I'm in the process of remodeling my bathroom and am about to start tiling in the next few days, I noticed that the cement board has a small valley about 1/8 of an inch on a 3x5 durock cement board where the shower head and faucet are. Can I level out the cement board with modified thinset to have a flat surface to lay the tiles on? I drew a super quick illustration:










I suppose it's a bit comical but I hope it's clear what I'm trying to achieve, it's not drawn to scale. I guess my fear is that the modified thinset doesn't bond well to the cement board and the tile weakens and eventually falls. I appreciate any advice.

Slim


----------



## cleveman (Dec 17, 2011)

An 1/8" should be no problem over 3'. Odd to see it all so even, not in and out.

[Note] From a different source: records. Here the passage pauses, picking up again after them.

//! Operations carried out in order.
ghost use Rattle.std.specs.Prelude.{◌≡◌, ◌≤◌, ◌+◌, ◌++◌, IfOk, OnOk, length};
ghost use Rattle.ownership_model.specs.State.{nothing_held};
ghost use Rattle.ownership_model.specs.Step.{AreNew, outcomes_from, end_from};
ghost use Rattle.ownership_model.specs.Alike.{Covers};
ghost use Rattle.heap_difference.specs.Naming.{with_names};
ghost use Rattle.op_step.specs.Meter.{raised};
ghost use Rattle.op_step.specs.Told.{replay_keys};

use crate::carry::{step_in, step_told_in};
use crate::meter::Meter;
use crate::room::Room;
use object_heap::Heap;
use ownership_model::Key;
use std::alloc::{AllocError, Global};
use trace_types::ops::Op;
use trace_types::outcomes::Outcome;
use trace_types::sequence::Sequence;
use trace_types::trace::Trace;

/// Replays a whole trace, of a program that holds nothing as it begins: the outcomes in order, and the heap in the end.
///
/// The meter is raised by the number of operations, and where memory runs out by at most that.
pub fn replay(
    alloc: Global,
    trace: &Trace,
    meter: &mut Meter,
) -> Result<(Sequence<Outcome>, Heap), AllocError>
    ensures outcomes { IfOk result (λ r. r.0 ≡ outcomes_from nothing_held trace.now) }
    ensures end { IfOk result (λ r. r.1 ≡ end_from nothing_held trace.now) }
    ensures counted { OnOk result (meter.new ≡ raised meter.old (length trace.now)) }
    ensures never_less { meter.old ≤ meter.new }
    ensures never_more { meter.new ≤ meter.old + length trace.now }
{
    replay_from(alloc, Heap::empty(), trace.as_slice(), meter)
}

/// As `replay`, from a heap, which it takes: what it alone holds is changed in place. No object has an operation's number
/// when its turn comes.
pub fn replay_from(
    alloc: Global,
    start: Heap,
    ops: &[Op],
    meter: &mut Meter,
) -> Result<(Sequence<Outcome>, Heap), AllocError>
    requires { AreNew start ops.now }
    ensures outcomes { IfOk result (λ r. r.0 ≡ outcomes_from start ops.now) }
    ensures end { IfOk result (λ r. r.1 ≡ end_from start ops.now) }
    ensures counted { OnOk result (meter.new ≡ raised meter.old (length ops.now)) }
    ensures never_less { meter.old ≤ meter.new }
    ensures never_more { meter.new ≤ meter.old + length ops.now }
{
    let mut outcomes = Vec::with_capacity(alloc, ops.len())?;
    let mut heap = start;
    let mut room = Room::new(alloc);
    for op in ops {
        outcomes.push(step_in(&mut room, &mut heap, op, meter)?)?;
    }
    Ok((Sequence::from_vec(outcomes), heap))
}

/// As `replay_from`, and tells what the operations touch, and what they move or copy beside. Keys that are told already stay, but for what
/// the operations or their outcomes name.
///
/// That it may leave out: `with_names` adds it. It may tell more than that, and the same key more than
/// once. Where memory runs out the keys are unspecified.
pub fn replay_told(
    alloc: Global,
    start: Heap,
    ops: &[Op],
    meter: &mut Meter,
    keys: &mut Vec<Key>,
) -> Result<(Sequence<Outcome>, Heap), AllocError>
    requires { AreNew start ops.now }
    ensures outcomes { IfOk result (λ r. r.0 ≡ outcomes_from start ops.now) }
    ensures end { IfOk result (λ r. r.1 ≡ end_from start ops.now) }
    ensures told { IfOk result (λ r. Covers (with_names keys.new.items ops.now r.0)
        (keys.old.items ++ replay_keys start ops.now)) }

    // The meter counts what was carried out.
    ensures counted { OnOk result (meter.new ≡ raised meter.old (length ops.now)) }
    ensures never_less { meter.old ≤ meter.new }
    ensures never_more { meter.new ≤ meter.old + length ops.now }
{
    let mut outcomes = Vec::with_capacity(alloc, ops.len())?;
    let mut heap = start;
    let mut room = Room::new(alloc);
    for op in ops {
        outcomes.push(step_told_in(&mut room, &mut heap, op, meter, keys)?)?;
    }
    Ok((Sequence::from_vec(outcomes), heap))
}
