//! What an operation is to do on a heap: its row of the table.
ghost use Rattle.std.specs.Prelude.{◌≡◌, IfOk};
ghost use Rattle.ownership_model.specs.View.{view_of};
ghost use Rattle.ownership_model.specs.Table.{row};
ghost use Rattle.ownership_model.specs.Rows.{row_in, Tells};

use crate::names::repeated;
use crate::room::Room;
use crate::{cells, fields, handles, make, scope, unique};
use object_heap::Heap;
use ownership_model::{Plan, Stop};
use std::alloc::{AllocError, Global};
use trace_types::kinds::Kind;
use trace_types::ops::Op;
use trace_types::outcomes::Reason;

/// Why the operation is skipped, or what it does.
pub fn plan(alloc: Global, heap: &Heap, op: &Op) -> Result<Plan, AllocError>
    ensures { IfOk result (λ p. p ≡ row op.now (view_of heap.now op.now.thread op.now.kind)) }
{
    let mut room = Room::new(alloc);
    plan_in(&mut room, heap, op)
}

/// As `plan`, with its lists in a room.
#[inline(always)]
pub fn plan_in(room: &mut Room, heap: &Heap, op: &Op) -> Result<Plan, AllocError>
    ensures { IfOk result (λ p. p ≡ row op.now (view_of heap.now op.now.thread op.now.kind)) }
{
    if let Some(h) = repeated(op.kind()) {
        return Ok(Plan::Skip(Reason::SameName(h)));
    }
    match row_plan(room, heap, op.thread(), op.id(), op.kind()) {
        Ok(plan) => Ok(plan),
        Err(Stop::Skip(reason)) => Ok(Plan::Skip(reason)),
        Err(Stop::Memory) => Err(AllocError),
    }
}

fn row_plan(room: &mut Room, heap: &Heap, label: u32, id: u32, kind: &Kind) -> Result<Plan, Stop>
    ensures { Tells result (row_in heap.now label id kind.now) }
{
    match kind {
        Kind::New { to, fields } | Kind::NewCyclic { to, fields } => {
            make::new(room, heap, label, id, *to, fields.as_slice())
        }
        Kind::NewFrom { from, to } => make::new_from(room, heap, label, id, *from, *to),
        Kind::WeakNew { to } => make::weak_new(room, heap, label, *to),
        Kind::Null { to } => make::null(room, heap, label, *to),
        Kind::Clone { from, to } => handles::clone(room, heap, label, *from, *to),
        Kind::Drop { h } => handles::drop(room, heap, *h),
        Kind::Downgrade { from, to } => handles::downgrade(room, heap, label, *from, *to),
        Kind::Upgrade { from, to } => handles::upgrade(room, heap, label, *from, *to),
        Kind::TryUnwrap { h } => unique::try_unwrap(room, heap, label, *h),
        Kind::IntoInner { h } => unique::into_inner(room, heap, label, *h),
        Kind::GetMut { h } => unique::get_mut(room.alloc(), heap, *h),
        Kind::MakeMut { h } => unique::make_mut(room, heap, label, id, *h),
        Kind::Counts { h } => handles::counts(room.alloc(), heap, *h),
        Kind::PtrEq { a, b } => handles::ptr_eq(room.alloc(), heap, *a, *b),
        Kind::Set { h, i, from } => fields::set(room, heap, label, *h, *i, *from),
        Kind::Take { h, i, to } => fields::take(room, heap, label, *h, *i, *to),
        Kind::Get { h, i, to } => fields::get(room, heap, label, *h, *i, *to),
        Kind::CellNew { c, from } => cells::cell_new(room, heap, *c, *from),
        Kind::CellLoad { c, to } => cells::cell_load(room, heap, label, *c, *to),
        Kind::CellSwap { c, from, to } => cells::cell_swap(room, heap, label, *c, *from, *to),
        Kind::CellCas {
            c,
            expected,
            desired,
        } => cells::cell_cas(room, heap, label, *c, *expected, *desired),
        Kind::CellDrop { c } => cells::cell_drop(room, heap, *c),
        Kind::ScopeEnd => scope::scope_end(room, heap, label),
    }
}
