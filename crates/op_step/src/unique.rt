//! Values that one handle alone keeps: try_unwrap, into_inner, get_mut, make_mut.
ghost use Rattle.std.specs.Prelude.{◌≡◌, IfOk, Some, [], ◌∷◌};
ghost use Rattle.trace_types.specs.declared.kinds.Kind.TheVariants as kind;
ghost use Rattle.trace_types.specs.declared.slots.Slot.TheVariants.{Strong};
ghost use Rattle.trace_types.specs.declared.slots.Item.TheVariants as item;
ghost use Rattle.trace_types.specs.declared.slots.Change.TheVariants.{TurnHusk};
ghost use Rattle.ownership_model.specs.declared.plan.Plan.TheVariants.{Act};
ghost use Rattle.ownership_model.specs.Table as Table;
ghost use Rattle.ownership_model.specs.Rows.{row_in, Tells};

use crate::room::Room;
use crate::wants::{fields_of, held};
use object_heap::Heap;
use ownership_model::effects::{copy_fields, push_make, unwrapped};
use ownership_model::plan::yes_if;
use ownership_model::questions::strong_in;
use ownership_model::{Plan, Stop};
use std::alloc::{AllocError, Global};
use trace_types::outcomes::{Answer, Event};
use trace_types::slots::{Change, Holding, Item, Slot};

/// `Arc::try_unwrap`
pub fn try_unwrap(room: &mut Room, heap: &Heap, label: u32, h: u32) -> Result<Plan, Stop>
    ensures { Tells result (row_in heap.now label 0 (kind.TryUnwrap h)) }
{
    let object = strong_in(h, held(heap, h)?)?;
    if heap.strong(object) != 1 {
        return Ok(Plan::say(room.alloc(), Answer::No, Some(object)));
    }
    Ok(unwrapped(room.alloc(), label, h, object, fields_of(heap, object))?)
}

/// `Arc::into_inner`
pub fn into_inner(room: &mut Room, heap: &Heap, label: u32, h: u32) -> Result<Plan, Stop>
    ensures { Tells result (row_in heap.now label 0 (kind.IntoInner h)) }
{
    let object = strong_in(h, held(heap, h)?)?;
    if heap.strong(object) != 1 {
        let changes = room.change(Change::SetHandle(label, h, Holding::Slot(Slot::Nothing)))?;
        let pending = room.item(Item::Slot(Slot::Strong(object)))?;
        return Ok(Plan::act(Answer::No, changes, pending, Some(object)));
    }
    Ok(unwrapped(room.alloc(), label, h, object, fields_of(heap, object))?)
}

/// `Arc::get_mut`
pub fn get_mut(alloc: Global, heap: &Heap, h: u32) -> Result<Plan, Stop>
    ensures { Tells result (row_in heap.now 0 0 (kind.GetMut h)) }
{
    let object = strong_in(h, held(heap, h)?)?;
    let counts = heap.counts(object);
    let is_only = counts.strong == 1 && counts.weak == 0;
    Ok(Plan::say(alloc, yes_if(is_only), Some(object)))
}

/// `Arc::make_mut`
pub fn make_mut(room: &mut Room, heap: &Heap, label: u32, id: u32, h: u32) -> Result<Plan, Stop>
    ensures { Tells result (row_in heap.now label id (kind.MakeMut h)) }
{
    let object = strong_in(h, held(heap, h)?)?;
    let counts = heap.counts(object);
    if counts.strong != 1 {
        return Ok(cloned(room, label, id, h, object, fields_of(heap, object))?);
    }
    if counts.weak != 0 {
        return Ok(moved(room, label, id, h, object, fields_of(heap, object))?);
    }
    Ok(Plan::say(room.alloc(), Answer::Unique, Some(object)))
}

// No other Arc is there, and the value moves away from the Weaks.
fn moved(
    room: &mut Room,
    label: u32,
    id: u32,
    h: u32,
    object: u32,
    fields: &[Slot],
) -> Result<Plan, AllocError>
    ensures { IfOk result (λ p. p ≡ Act Answer.Moved
        (TurnHusk object ∷ Table.make label id fields.now h) (Some (Event.Moved object)) []
        (Some id)) }
{
    let mut changes = room.change(Change::TurnHusk(object))?;
    let fields = copy_fields(room.alloc(), fields)?;
    push_make(&mut changes, label, id, fields, h)?;
    let event = Event::Moved(object);
    Ok(Plan::act_naming(Answer::Moved, changes, event, room.nothing(), id))
}

// The other Arcs keep the value, and the handle gets its own.
fn cloned(
    room: &mut Room,
    label: u32,
    id: u32,
    h: u32,
    object: u32,
    fields: &[Slot],
) -> Result<Plan, AllocError>
    ensures { IfOk result (λ p. p ≡ Table.act Answer.Cloned (Table.make label id fields.now h)
        (item.Slot (Strong object) ∷ []) (Some id)) }
{
    let mut changes = room.changes();
    let fields = copy_fields(room.alloc(), fields)?;
    push_make(&mut changes, label, id, fields, h)?;
    let pending = room.item(Item::Slot(Slot::Strong(object)))?;
    Ok(Plan::act(Answer::Cloned, changes, pending, Some(id)))
}
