//! How much was replayed.
ghost use Rattle.std.specs.Prelude.{◌≡◌};
ghost use Rattle.op_step.specs.Meter.{raised};

use std::marker::Model;

/// Counts the operations that are carried out. Contracts see the count.
#[derive(Debug, Drop)]
pub struct Meter {
    count: u64,
}

impl Model for Meter {
    ghost use Rattle.std.specs.Prelude.{ℕ};
    ghost use Rattle.std.specs.Coded.{coded_ℕ};

    ghost Value = { ℕ };

    ghost coded = { coded_ℕ };

    ghost view = { λ m. m.count };
}

impl Meter {
    /// At 0. Takes no memory.
    pub fn new() -> Meter
        ensures { result ≡ 0 }
    {
        Meter { count: 0 }
    }

    /// How many operations were carried out. At 2^64 - 1 the count stays.
    pub fn count(&self) -> u64
        ensures { result ≡ self.now }
    {
        self.count
    }

    /// One operation more.
    pub(crate) fn raise(&mut self)
        ensures { self.new ≡ raised self.old 1 }
    {
        self.count = self.count.saturating_add(1);
    }
}
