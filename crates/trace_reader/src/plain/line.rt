//! The members of a line's object.
ghost use Rattle.std.specs.Prelude.{◌≡◌, ◌∷◌, [], List, ℕ, IfOk, IsTrue, MatchOption};
ghost use Rattle.std.specs.Str.{IsUtf8};
ghost use Rattle.json.specs.Lex.{after_value};
ghost use Rattle.json.specs.Token.{Token};
ghost use Rattle.serde_json.specs.Data.{Data, Members, put};
ghost use Rattle.trace_reader.specs.Looks.{IsNamed, Tells};
ghost use Rattle.trace_reader.specs.Plain.{IsMember, IsValue, IsWalked, tokens_at};

use crate::lines::is_blank;
use crate::member_slots::{KeptElements, MemberSlots};
use crate::names::MemberName;
use crate::plain::elements::elements;
use crate::plain::names::key;
use crate::plain::scalars::{op, passed, scalar};
use crate::plain::texts::after_spaces;
use std::alloc::{AllocError, Global};

/// How far a walk came over a line.
#[derive(Clone, Copy, Debug)]
pub enum Walk<'a> {
    /// over the whole line: it is plain
    Whole,
    /// up to the member that comes first here
    UpTo(&'a [u8]),
    /// the line is no object, or no JSON text, or has blanks where a walk knows none
    Nowhere,
}

/// Walks over the members of a line that are plain, and keeps them: names without escapes, and as their values natural numbers, null, texts
/// without escapes, and in `fields` an array of numbers, null and `me`. Truth values are plain where no operation asks for the name. There may
/// be spaces behind a brace, a bracket, a colon or a comma, and one before a closing brace or bracket.
pub fn plain_members<'a>(
    alloc: Global,
    line: &'a [u8],
    kept: &mut MemberSlots<'_>,
) -> Result<Walk<'a>, AllocError>
    ensures { IfOk result (λ walk. IsWalked line.now kept.old kept.new walk) }
{
    let [b'{', inside @ ..] = line else {
        return Ok(Walk::Nowhere);
    };
    let mut rest = after_spaces(inside);
    'members: loop {
        let [b'"', named @ ..] = rest else {
            return Ok(Walk::Nowhere);
        };
        let Some(after) = member(alloc, named, kept)? else {
            return Ok(Walk::UpTo(rest));
        };
        match after {
            [b',', next @ ..] => rest = after_spaces(next),
            _ => {
                if is_end(after) {
                    return Ok(Walk::Whole);
                }
                return Ok(Walk::Nowhere);
            }
        }
    }
}

// Keeps the member of which the opening quote was read, and gives what comes after it. Where it isn't plain, all is as before.
#[inline(always)]
fn member<'a>(
    alloc: Global,
    text: &'a [u8],
    kept: &mut MemberSlots<'_>,
) -> Result<Option<&'a [u8]>, AllocError>
    ensures { IfOk result (λ read. MatchOption read (kept.new ≡ kept.old)
        (λ rest. (key : List ℕ) × (d : Data) × IsMember text.now key d rest.now
        × ((ms : Members) → Tells kept.old ms → Tells kept.new (put key d ms)))) }
{
    let Some((name, value)) = key(text) else {
        return Ok(None);
    };
    keep(alloc, after_spaces(value), name, kept)
}

// Whether the closing brace alone is left, with blanks behind it.
#[inline(always)]
fn is_end(text: &[u8]) -> bool
    ensures tokens { IsTrue result → tokens_at after_value text.now ≡ Token.end_object ∷ [] }
    ensures utf8 { IsTrue result → IsUtf8 text.now }
{
    // Most lines end with the brace.
    if let [b'}'] = text {
        return true;
    }
    let [b'}', behind @ ..] = after_spaces(text) else {
        return false;
    };
    is_blank(behind)
}

// Keeps the member of that name, whose value comes first, or passes one that no operation asks for, and gives what comes after it.
#[inline(always)]
fn keep<'a>(
    alloc: Global,
    text: &'a [u8],
    name: Option<MemberName>,
    kept: &mut MemberSlots<'_>,
) -> Result<Option<&'a [u8]>, AllocError>
    ensures { IfOk result (λ read. MatchOption read (kept.new ≡ kept.old)
        (λ rest. (d : Data) × IsValue text.now d rest.now
        × ((key : List ℕ) (ms : Members) → IsNamed key name
        → Tells kept.old ms → Tells kept.new (put key d ms)))) }
{
    match name {
        Some(MemberName::Number(name)) => {
            let Some((seen, rest)) = scalar(text) else {
                return Ok(None);
            };
            kept.keep_number(name, seen);
            Ok(Some(rest))
        }
        Some(MemberName::Op) => {
            let Some((name, rest)) = op(text) else {
                return Ok(None);
            };
            kept.keep_op_name(name);
            Ok(Some(rest))
        }
        Some(MemberName::Fields) => {
            let [b'[', listed @ ..] = text else {
                return Ok(None);
            };
            let Some((elements, rest)) = elements(alloc, listed)? else {
                return Ok(None);
            };
            kept.keep_fields(KeptElements::Listed(elements));
            Ok(Some(rest))
        }
        None => {
            let Some(rest) = passed(text) else {
                return Ok(None);
            };
            Ok(Some(rest))
        }
    }
}
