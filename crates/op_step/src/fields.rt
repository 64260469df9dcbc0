//! Fields: set, take, get.
//!
//! The fields of an object that a handle keeps, or of the value that it holds itself.
ghost use Rattle.trace_types.specs.declared.kinds.Kind.TheVariants as kind;
ghost use Rattle.ownership_model.specs.Rows.{row_in, Tells};

use crate::room::Room;
use crate::wants::{fields_in, held, unheld};
use object_heap::Heap;
use ownership_model::questions::{field_at, slot_in};
use ownership_model::{Plan, Stop};
use trace_types::outcomes::Answer;
use trace_types::slots::{Change, Holding, Item, Slot};

/// A field takes what a handle holds
pub fn set(
    room: &mut Room,
    heap: &Heap,
    label: u32,
    h: u32,
    i: u32,
    from: u32,
) -> Result<Plan, Stop>
    ensures { Tells result (row_in heap.now label 0 (kind.Set h i from)) }
{
    let owner_held = held(heap, h)?;
    let source = held(heap, from)?;
    let fields = fields_in(heap, h, owner_held)?;
    let slot = slot_in(from, source)?;
    let old = field_at(i, fields.slots)?;
    let written = fields.write(room.alloc(), label, h, i, slot)?;
    let changes = room.both(Change::EndHandle(from), written)?;
    let pending = room.item(Item::Slot(old))?;
    Ok(Plan::act(Answer::Done, changes, pending, fields.owner))
}

/// A field is moved out, and an empty pointer is left
pub fn take(room: &mut Room, heap: &Heap, label: u32, h: u32, i: u32, to: u32) -> Result<Plan, Stop>
    ensures { Tells result (row_in heap.now label 0 (kind.Take h i to)) }
{
    let fields = fields_in(heap, h, held(heap, h)?)?;
    let slot = field_at(i, fields.slots)?;
    unheld(heap, to)?;
    let written = fields.write(room.alloc(), label, h, i, Slot::Nothing)?;
    let changes = room.both(Change::SetHandle(label, to, Holding::Slot(slot)), written)?;
    Ok(Plan::act(Answer::Done, changes, room.nothing(), fields.owner))
}

/// A field is cloned
pub fn get(room: &mut Room, heap: &Heap, label: u32, h: u32, i: u32, to: u32) -> Result<Plan, Stop>
    ensures { Tells result (row_in heap.now label 0 (kind.Get h i to)) }
{
    let fields = fields_in(heap, h, held(heap, h)?)?;
    let slot = field_at(i, fields.slots)?;
    unheld(heap, to)?;
    Ok(Plan::hold(room.changes(), label, Answer::Done, to, slot, fields.owner)?)
}
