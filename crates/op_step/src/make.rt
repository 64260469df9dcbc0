//! Objects and pointers that are made: new, new_cyclic, new_from, weak_new, null.
ghost use Rattle.std.specs.Prelude.{◌≡◌, IfOk};
ghost use Rattle.std.specs.FinMap.{get};
ghost use Rattle.trace_types.specs.declared.kinds.Kind.TheVariants as kind;
ghost use Rattle.ownership_model.specs.View.{elements_of};
ghost use Rattle.ownership_model.specs.Table.{new_row, ending};
ghost use Rattle.ownership_model.specs.Table as Table;
ghost use Rattle.ownership_model.specs.Rows.{row_in, Tells};

use crate::room::Room;
use crate::wants::{all_held, all_slots, held, unheld};
use object_heap::Heap;
use ownership_model::effects::{copy_fields, push_make};
use ownership_model::questions::bare_in;
use ownership_model::{Plan, Stop};
use std::alloc::{AllocError, Global};
use trace_types::kinds::Field;
use trace_types::outcomes::Answer;
use trace_types::sequence::Sequence;
use trace_types::slots::{Change, Holding, Slot};

/// `Arc::new`, `Arc::new_cyclic`
pub fn new(
    room: &mut Room,
    heap: &Heap,
    label: u32,
    id: u32,
    to: u32,
    fields: &[Field],
) -> Result<Plan, Stop>
    ensures { Tells result (new_row label id to (elements_of heap.now fields.now)
        (get heap.now.handles to)) }
{
    all_held(heap, fields)?;
    all_slots(heap, fields)?;
    unheld(heap, to)?;
    let changes = making(room, heap, label, id, fields, to)?;
    Ok(Plan::act(Answer::Made, changes, room.nothing(), Some(id)))
}

/// `Arc::new` of a value that was moved out of another `Arc`
pub fn new_from(
    room: &mut Room,
    heap: &Heap,
    label: u32,
    id: u32,
    from: u32,
    to: u32,
) -> Result<Plan, Stop>
    ensures { Tells result (row_in heap.now label id (kind.NewFrom from to)) }
{
    let fields = bare_in(from, held(heap, from)?)?;
    unheld(heap, to)?;
    let mut changes = room.change(Change::EndHandle(from))?;
    let fields = copy_fields(room.alloc(), fields)?;
    push_make(&mut changes, label, id, fields, to)?;
    Ok(Plan::act(Answer::Made, changes, room.nothing(), Some(id)))
}

/// `Weak::new`
pub fn weak_new(room: &mut Room, heap: &Heap, label: u32, to: u32) -> Result<Plan, Stop>
    ensures { Tells result (row_in heap.now label 0 (kind.WeakNew to)) }
{
    unheld(heap, to)?;
    Ok(Plan::hold(
        room.changes(),
        label,
        Answer::Done,
        to,
        Slot::Dangling,
        None,
    )?)
}

/// An empty pointer.
pub fn null(room: &mut Room, heap: &Heap, label: u32, to: u32) -> Result<Plan, Stop>
    ensures { Tells result (row_in heap.now label 0 (kind.Null to)) }
{
    unheld(heap, to)?;
    Ok(Plan::hold(room.changes(), label, Answer::Done, to, Slot::Nothing, None)?)
}

// What the handles hold, in order.
fn made_fields(
    alloc: Global,
    heap: &Heap,
    id: u32,
    fields: &[Field],
) -> Result<Vec<Slot>, AllocError>
    ensures { IfOk result (λ v. v.items ≡ Table.made_fields id (elements_of heap.now fields.now)) }
{
    let mut made = Vec::new(alloc);
    for field in fields {
        made.push(match field {
            Field::Held(h) => slot_of(heap, *h),
            Field::Null => Slot::Nothing,
            Field::Me => Slot::Weak(id),
        })?;
    }
    Ok(made)
}

fn slot_of(heap: &Heap, h: u32) -> Slot
    ensures { result ≡ Table.slot_of (get heap.now.handles h) }
{
    match heap.holding(h) {
        Some(Holding::Slot(slot)) => *slot,
        Some(Holding::Bare(_)) | None => Slot::Nothing,
    }
}

// The handles of the fields end, and the object comes to be.
fn making(
    room: &mut Room,
    heap: &Heap,
    label: u32,
    id: u32,
    fields: &[Field],
    to: u32,
) -> Result<Vec<Change>, AllocError>
    ensures { IfOk result (λ v. let es = elements_of heap.now fields.now in v.items
        ≡ ending es (Table.make label id (Table.made_fields id es) to)) }
{
    let made = made_fields(room.alloc(), heap, id, fields)?;
    let mut changes = room.changes();
    for field in fields {
        if let Field::Held(h) = field {
            changes.push(Change::EndHandle(*h))?;
        }
    }
    push_make(&mut changes, label, id, Sequence::from_vec(made), to)?;
    Ok(changes)
}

If you want a flat wall, I suppose you have to have straight studs, or sheath first with some 3/4" plywood.

Otherwise, use smaller tile to make it work.

I wouldn't try to get rid of 1/8" by filling with thinset.


----------



## TRUEPRO (Apr 10, 2012)

Anytime you install cement board (or equivalent) you should first check the studs with a 4 ft level. Check for plumb and to see if all the studs touch the level evenly. If not then your supposed to pad it out with shims. Figure out where the inconsistency is and adjust accordingly. Where you find a gap on the level, use the thin end of the shim. Screw it to the stud so the backer board will be flush. 

You can remove the cement board and follow this process to achieve a non beveled surface. If you dont wish to do this then i recommend setting the tile with different size butters. Use different sized notched trowels to pad the edges out. I would never recommend this technique for a DIYer because it is very difficult if not impossible for anyone to achieve perfection. 

GL


----------